Evaluating Si-Based Materials for Commercially Relevant Li-Ion Batteries

Methods and criteria for assessing the commercial viability of Si-based materials are discussed and demonstrated with the 3M V6 alloy and 60 nm nano Si powder. These materials are firstly evaluated through the cycling of neat electrodes containing only alloy and binder to characterize the capacity, first cycle efficiency, binder compatibility, and microstructure stability of the material.

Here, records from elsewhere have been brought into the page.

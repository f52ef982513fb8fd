ghost use Rattle.std.specs.Prelude.{◌≡◌, ◌+◌, ◌<◌, ◌^◌, slice_get, Some, Ok, [], ◌&&◌, OnOk};
ghost use Rattle.chassis.specs.Points.{place_of, refusal_of};
ghost use Rattle.tri_base.specs.Limits.{scan_limit};
ghost use Rattle.script_lines.specs.Words.{words_of};
ghost use Rattle.chassis.specs.Ranges.{is_within};
ghost use Rattle.script_text.specs.Standing.{Standing, beginning, after, outside, worded, stated, may_stand, timed, is_time, poked, inside, opening, with_rename, with_ask, pointed, scans_to, at_scan, count_within, set_point, set_input, all_within, download, closed, blocked, line_added, with_last, with_line, address_limit};
ghost use Rattle.script_text.specs.IsScript.{IsScript};
ghost use Rattle.tri_base.specs.Limits.{scan_limit};
ghost use Rattle.script_text.specs.Spells.{script_in};
ghost use Rattle.script_text.specs.Inner.Steps.{Steps, finished};

use crate::fault::{LineFault, ScriptCause, ScriptFault};
use crate::moment::{Moment, Opener, ScanLine, Setting};
use crate::script::Script;
use chassis::{Chassis, ChassisFault, is_input};
use script_lines::{
    Block, Keyword, Legs, Part, Statement, cut_word, follows, is_comment, keyword_part,
    read_keyword, read_statement,
};
use std::alloc::Global;
use std::marker::Model;
use std::mem::replace;
use tri_base::{Leg, Name, NoMemory, Point, SCAN_LIMIT, SCAN_TIME_LIMIT, Text, Triple};

// The greatest address of a word.
const ADDRESS: u32 = 4_095;

/// A script as far as it was read.
#[derive(Drop)]
pub struct Reader {
    alloc: Global,
    line: u32,
    part: Part,
    opened: Option<Opener>,
    block: Block,
    chassis: Chassis,
    text: Block,
    text_line: u32,
    swap_lines: Vec<u32>,
    schedule: Legs,
    scans: u32,
    last: u32,
    downloaded: bool,
    moments: Vec<Moment>,
}

impl Model for Reader {
    ghost use Rattle.script_text.specs.Standing.{Standing};

    ghost Value = { Standing };

    ghost view = { λ r. record {
      line = r.line;
      part = r.part;
      opened = r.opened;
      block = r.block;
      points = r.chassis;
      text = r.text;
      text_line = r.text_line;
      swap_lines = r.swap_lines.items;
      schedule = r.schedule;
      scans = r.scans;
      last = r.last;
      downloaded = r.downloaded;
      moments = r.moments.items;
    } };
}

impl Reader {
    /// Nothing was read yet.
    pub(crate) fn new(alloc: Global) -> Reader
        ensures { result ≡ beginning }
    {
        Reader {
            alloc,
            line: 0,
            part: Part::Nothing,
            opened: None,
            block: Block::new(alloc),
            chassis: Chassis::new(alloc),
            text: Block::new(alloc),
            text_line: 0,
            swap_lines: Vec::new(alloc),
            schedule: Legs::new(alloc),
            scans: 0,
            last: 0,
            downloaded: false,
            moments: Vec::new(alloc),
        }
    }

    /// Takes one line more.
    pub(crate) fn take(&mut self, content: &[u8]) -> Result<(), LineFault>
        requires { self.old.line + 1 < 2 ^ 32 }
        ensures step { Steps (after self.old content.now) result self.new }
        ensures line { self.new.line ≡ self.old.line + 1 }
    {
        self.line += 1;
        match self.opened {
            Some(opener) => self
                .take_block_line(opener, content)
                .map_err(|_| LineFault::NoMemory),
            None => self.take_line(content),
        }
    }

    /// Takes a line of a block.
    fn take_block_line(&mut self, opener: Opener, content: &[u8]) -> Result<(), NoMemory>
        ensures step { OnOk result (self.new ≡ blocked self.old opener content.now) }
        ensures line { self.new.line ≡ self.old.line }
    {
        if content == b"ENDTEXT".as_slice() {
            return self.close(opener);
        }
        self.block.add(content)?;
        self.block.add(b"\n")
    }

    /// Takes the line that ends a block.
    fn close(&mut self, opener: Opener) -> Result<(), NoMemory>
        ensures step { OnOk result (self.new ≡ closed self.old opener) }
        ensures line { self.new.line ≡ self.old.line }
    {
        let block = replace(&mut self.block, Block::new(self.alloc));
        self.opened = None;
        match opener {
            Opener::Program => {
                self.text = block;
                Ok(())
            }
            Opener::Download => add_line(&mut self.moments, ScanLine::Download(block)),
            Opener::Swap(leg) => add_line(&mut self.moments, ScanLine::Swap(leg, block)),
        }
    }

    /// Takes a line outside text blocks.
    fn take_line(&mut self, content: &[u8]) -> Result<(), LineFault>
        ensures step { Steps (outside self.old (words_of content.now)) result self.new }
        ensures line { self.new.line ≡ self.old.line }
    {
        match cut_word(content) {
            None => Ok(()),
            Some((word, rest)) => {
                if is_comment(word) {
                    return Ok(());
                }
                self.take_words(read_keyword(word), rest)
            }
        }
    }

    /// Takes a line by its first word.
    fn take_words(&mut self, keyword: Option<Keyword>, rest: &[u8]) -> Result<(), LineFault>
        ensures step { Steps (worded self.old keyword (words_of rest.now)) result self.new }
        ensures line { self.new.line ≡ self.old.line }
    {
        let Some(keyword) = keyword else {
            return Err(LineFault::Cause(ScriptCause::Word));
        };
        if !self.may_stand(keyword) {
            return Err(LineFault::Cause(ScriptCause::Word));
        }
        match read_statement(self.alloc, keyword, rest) {
            Err(_) => Err(LineFault::NoMemory),
            Ok(None) => Err(LineFault::Cause(ScriptCause::Form)),
            Ok(Some(statement)) => self.take_statement(statement),
        }
    }

    /// Whether a line with this first word may stand here.
    fn may_stand(&self, keyword: Keyword) -> bool
        ensures { result ≡ may_stand self.now keyword }
    {
        follows(self.part, keyword_part(keyword))
            && (self.downloaded || !matches!(keyword, Keyword::Rename))
    }

    /// Takes a line of the right shape.
    fn take_statement(&mut self, statement: Statement) -> Result<(), LineFault>
        ensures step { Steps (stated self.old statement) result self.new }
        ensures line { self.new.line ≡ self.old.line }
    {
        match statement {
            Statement::Heading => {
                self.part = Part::Heading;
                Ok(())
            }
            Statement::Point(point) => self.take_point(point),
            Statement::Text => {
                self.text_line = self.line;
                self.open(Part::Program, Opener::Program);
                Ok(())
            }
            Statement::Scans(number) => self.take_scans(number),
            Statement::At(number) => self.take_at(number),
            Statement::Set(name, reads) => self.take_setting(&name, reads),
            Statement::Download => self.take_download(),
            Statement::Schedule(legs) => self.take_schedule(&legs).map_err(|_| LineFault::NoMemory),
            Statement::Time(reads) => self.take_times(reads),
            Statement::Mute(leg) => self.take_scan_line(ScanLine::Mute(leg)),
            Statement::Poke(leg, address, value) => self.take_poke(leg, address, value),
            Statement::Replace(leg) => self.take_scan_line(ScanLine::Replace(leg)),
            Statement::Swap(leg) => self.take_swap(leg).map_err(|_| LineFault::NoMemory),
            Statement::Read(leg, side, numbers) => {
                self.take_scan_line(ScanLine::Read(leg, side, numbers))
            }
            Statement::Result(leg, side, numbers) => {
                self.take_scan_line(ScanLine::Result(leg, side, numbers))
            }
            Statement::Drive(leg, numbers) => self.take_scan_line(ScanLine::Drive(leg, numbers)),
            Statement::Rename(old, new) => self.take_rename((old, new)),
            Statement::Ask(bytes) => self.take_ask(bytes),
            Statement::End => {
                self.part = Part::Ended;
                Ok(())
            }
        }
    }

    /// Adds a line of the scan to the last moment.
    fn take_scan_line(&mut self, line: ScanLine) -> Result<(), LineFault>
        ensures step { Steps (Ok (line_added self.old line)) result self.new }
        ensures line { self.new.line ≡ self.old.line }
    {
        self.part = Part::Inside;
        add_line(&mut self.moments, line).map_err(|_| LineFault::NoMemory)
    }

    /// Takes a SCHEDULE line's legs.
    fn take_schedule(&mut self, legs: &Legs) -> Result<(), NoMemory>
        ensures step { OnOk result (stated self.old (Statement.Schedule legs.now) ≡ Ok self.new) }
        ensures line { self.new.line ≡ self.old.line }
    {
        self.schedule.append(legs)?;
        self.part = Part::Order;
        Ok(())
    }

    /// Takes a TIME line's scan times.
    fn take_times(&mut self, reads: Triple<i64>) -> Result<(), LineFault>
        ensures step { Steps (timed self.old reads) result self.new }
        ensures line { self.new.line ≡ self.old.line }
    {
        if !are_times(&reads) {
            return Err(LineFault::Cause(ScriptCause::Range));
        }
        self.take_scan_line(ScanLine::Time(reads))
    }

    /// Takes a POKE line.
    fn take_poke(&mut self, leg: Leg, address: i64, value: i64) -> Result<(), LineFault>
        ensures step { Steps (poked self.old leg value
            (count_within 0 address_limit address)) result self.new }
        ensures line { self.new.line ≡ self.old.line }
    {
        match count(0, ADDRESS, address) {
            Some(address) => self.take_scan_line(ScanLine::Poke(leg, address, value)),
            None => Err(LineFault::Cause(ScriptCause::Range)),
        }
    }

    /// Takes the first line of a SWAP block.
    fn take_swap(&mut self, leg: Leg) -> Result<(), NoMemory>
        ensures step { OnOk result (stated self.old (Statement.Swap leg) ≡ Ok self.new) }
        ensures line { self.new.line ≡ self.old.line }
    {
        self.swap_lines.push(self.line).map_err(|_| NoMemory)?;
        self.open(Part::Inside, Opener::Swap(leg));
        Ok(())
    }

    /// Takes a RENAME line's names.
    fn take_rename(&mut self, names: (Name, Name)) -> Result<(), LineFault>
        ensures step { Steps (Ok (inside self.old (with_rename names))) result self.new }
        ensures line { self.new.line ≡ self.old.line }
    {
        self.part = Part::Inside;
        add_rename(&mut self.moments, names).map_err(|_| LineFault::NoMemory)
    }

    /// Takes an ASK line's bytes.
    fn take_ask(&mut self, bytes: Block) -> Result<(), LineFault>
        ensures step { Steps (Ok (inside self.old (with_ask bytes))) result self.new }
        ensures line { self.new.line ≡ self.old.line }
    {
        self.part = Part::Inside;
        add_ask(&mut self.moments, bytes.into_text()).map_err(|_| LineFault::NoMemory)
    }

    /// Begins a block.
    fn open(&mut self, part: Part, opener: Opener)
        ensures { self.new ≡ opening self.old part opener }
    {
        self.part = part;
        self.opened = Some(opener);
        self.block = Block::new(self.alloc);
    }

    /// Takes a POINT line's point.
    fn take_point(&mut self, point: Point) -> Result<(), LineFault>
        ensures step { Steps (pointed self.old point
            (refusal_of self.old.points point)) result self.new }
        ensures line { self.new.line ≡ self.old.line }
    {
        match self.chassis.add(point) {
            Ok(()) => {
                self.part = Part::Plant;
                Ok(())
            }
            Err(ChassisFault::NoMemory) => Err(LineFault::NoMemory),
            Err(fault) => Err(LineFault::Cause(ScriptCause::Chassis(fault))),
        }
    }

    /// Takes a SCANS line's number.
    fn take_scans(&mut self, number: i64) -> Result<(), LineFault>
        ensures step { Steps (scans_to self.old
            (count_within 1 scan_limit number)) result self.new }
        ensures line { self.new.line ≡ self.old.line }
    {
        let Some(scans) = count(1, SCAN_LIMIT, number) else {
            return Err(LineFault::Cause(ScriptCause::Range));
        };
        self.part = Part::Count;
        self.scans = scans;
        Ok(())
    }

    /// Takes an AT line's number.
    fn take_at(&mut self, number: i64) -> Result<(), LineFault>
        ensures step { Steps (at_scan self.old (count_within
            (self.old.last + 1) self.old.scans number)) result self.new }
        ensures line { self.new.line ≡ self.old.line }
    {
        let Some(scan) = count_above(self.last, self.scans, number) else {
            return Err(LineFault::Cause(ScriptCause::Order));
        };
        self.moments
            .push(Moment::new(self.alloc, scan))
            .map_err(|_| LineFault::NoMemory)?;
        self.part = Part::Moment;
        self.last = scan;
        self.downloaded = false;
        Ok(())
    }

    /// Takes a SET line.
    fn take_setting(&mut self, name: &Name, reads: Triple<i64>) -> Result<(), LineFault>
        ensures step { Steps (set_point self.old reads
            (place_of self.old.points name.now)) result self.new }
        ensures line { self.new.line ≡ self.old.line }
    {
        match self.chassis.find(name) {
            Some(place) => self.take_reads(place, reads),
            None => Err(LineFault::Cause(ScriptCause::Point)),
        }
    }

    /// Takes the readings for the point at a place.
    fn take_reads(&mut self, place: usize, reads: Triple<i64>) -> Result<(), LineFault>
        ensures step { Steps (set_input self.old place reads
            (slice_get self.old.points place)) result self.new }
        ensures line { self.new.line ≡ self.old.line }
    {
        let Some(point) = self.chassis.points().get(place) else {
            return Err(LineFault::Cause(ScriptCause::Point));
        };
        if !is_input(point.kind) {
            return Err(LineFault::Cause(ScriptCause::Point));
        }
        if !within_all(point, &reads) {
            return Err(LineFault::Cause(ScriptCause::Range));
        }
        let setting = Setting {
            point: place,
            reads,
        };
        self.take_scan_line(ScanLine::Set(setting))
    }

    /// Takes the first line of a DOWNLOAD block.
    fn take_download(&mut self) -> Result<(), LineFault>
        ensures step { Steps (download self.old) result self.new }
        ensures line { self.new.line ≡ self.old.line }
    {
        if self.downloaded {
            return Err(LineFault::Cause(ScriptCause::Second));
        }
        self.downloaded = true;
        self.open(Part::Inside, Opener::Download);
        Ok(())
    }

    /// How many lines were taken.
    pub(crate) fn line(&self) -> u32
        ensures { result ≡ self.now.line }
    {
        self.line
    }

    /// The script, where the lines came to its end.
    pub(crate) fn finish(self) -> Result<Script, ScriptFault>
        requires line { self.line + 1 < 2 ^ 32 }
        requires script { self.part ≡ Part.Ended → IsScript (script_in self).value }
        ensures { result ≡ finished self self.part }
    {
        if self.part != Part::Ended {
            return Err(ScriptFault::At {
                line: self.line + 1,
                cause: ScriptCause::End,
            });
        }
        Ok(Script {
            chassis: self.chassis,
            text: self.text,
            text_line: self.text_line,
            swap_lines: self.swap_lines,
            schedule: self.schedule,
            scans: self.scans,
            moments: self.moments,
        })
    }
}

The alloy displays higher first cycle efficiency, lower fade, and a more stable amorphous microstructure compared to the nano Si, which displays a variable microstructure with a rate dependent presence of crystalline Li₁₅Si₄.

Figure 1 shows the dQ/dV of neat electrodes containing (a) only nano Si and LiPAA binder for which the Li15Si4 peak gradually decreases, and (b) Si-based alloy (V6Neat) and LiPAA binder with a dQ/dV characteristic of amorphous Si.

The materials are then evaluated in graphite-containing composite electrodes having high areal capacities (> 2 mAh/cm²). In a well designed composite electrode including carbon nanotubes, 3M V6 material was found to cycle with little fade and high coulombic efficiency (~99.8%) while maintaining a stable dQ/dV. A composite electrode of equivalent volumetric capacity with nano Si powder shows similar capacity retention over 50 cycles but an unacceptably low coulombic efficiency (~99.2%). High precision coulometry and calorimetry results show surface area as the dominant factor in levels of parasitic reactions with Si based materials.

A review of failure modes for various Si implementations and their impact on full cell cycling will also be presented.